*WHAT THE EXERCISE ASKS*. In the records below, count every line containing "Rattle". Reply with the number only.

Dataset entries
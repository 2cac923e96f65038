//! The parts of the characters of a text, one by one.

ghost use Rattle.std.specs.Prelude.{◌≡◌, ◌++◌, ◌∷◌, [], None, drop, option_to_list};
ghost use Rattle.ucd_normal.specs.declared.forms.Form.TheVariants.{Nfd};
ghost use Rattle.unicode_normalization.specs.Decompose.{decompose};
ghost use Rattle.icu_text_decomposition.specs.inner.CharParts.{begun_left, parts_of};

use icu_text_encodings::EncodedText;
use unicode_normalization::Form;
use unicode_normalization::char::decomposition;

/// A place in a text whose characters are decomposed one by one, and not put in order.
#[derive(Clone, Copy)]
pub(crate) struct Parts<T> {
    /// The character that was read last and the index of its next part, where it has one.
    begun: Option<(char, usize)>,
    rest: T,
}

impl<T: EncodedText> Parts<T> {
    ghost use Rattle.icu_text_decomposition.specs.inner.Parts.{parts_left};

    /// The parts of a text from its beginning on.
    #[tactic(auto, unfolding(crate::specs::inner::Parts::parts_left))]
    pub(crate) fn new(text: T) -> Parts<T>
        ensures { parts_left T.text result ≡ parts_of (T.text text) }
    {
        Parts {
            begun: None,
            rest: text,
        }
    }

    /// The next part of the character that was read last, where it has one.
    #[tactic(auto, unfolding(crate::specs::inner::Parts::parts_left))]
    fn next_begun(&mut self) -> Option<char>
        ensures next { parts_left T.text self.old
            ≡ option_to_list result ++ parts_left T.text self.new }
        ensures end { result ≡ None → parts_left T.text self.old ≡ parts_of (T.text self.new.rest) }
    {
        let (c, index) = self.begun?;
        let mut room = [c; 3];
        let parts = decomposition(c, Form::Nfd, &mut room);
        if index >= parts.len() {
            self.begun = None;
            return None;
        }
        self.begun = begun_at(c, parts, index + 1);
        Some(parts[index])
    }

    /// The first part of a character that is read.
    fn begin(&mut self, c: char) -> char
        ensures next { decompose Nfd c ≡ result ∷ begun_left self.new.begun }
        ensures rest { self.new.rest ≡ self.old.rest }
    {
        let mut room = [c; 3];
        let parts = decomposition(c, Form::Nfd, &mut room);
        self.begun = begun_at(c, parts, 1);
        parts[0]
    }

    /// The next part, or `None` after the last one.
    #[tactic(auto, unfolding(crate::specs::inner::Parts::parts_left))]
    pub(crate) fn next(&mut self) -> Option<char>
        ensures next { parts_left T.text self.old
            ≡ option_to_list result ++ parts_left T.text self.new }
        ensures end { result ≡ None → parts_left T.text self.old ≡ [] }
    {
        if let Some(part) = self.next_begun() {
            return Some(part);
        }
        let (c, rest) = self.rest.split_first_char()?;
        self.rest = rest;
        Some(self.begin(c))
    }
}

/// A character that was read, with the index of its next part, where it has one.
fn begun_at(c: char, parts: &[char], index: usize) -> Option<(char, usize)>
    requires { parts.now ≡ decompose Nfd c }
    ensures { begun_left result ≡ drop index parts.now }
{
    if index < parts.len() {
        Some((c, index))
    } else {
        None
    }
}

*SOLUTION FOR THIS PROBLEM*. 5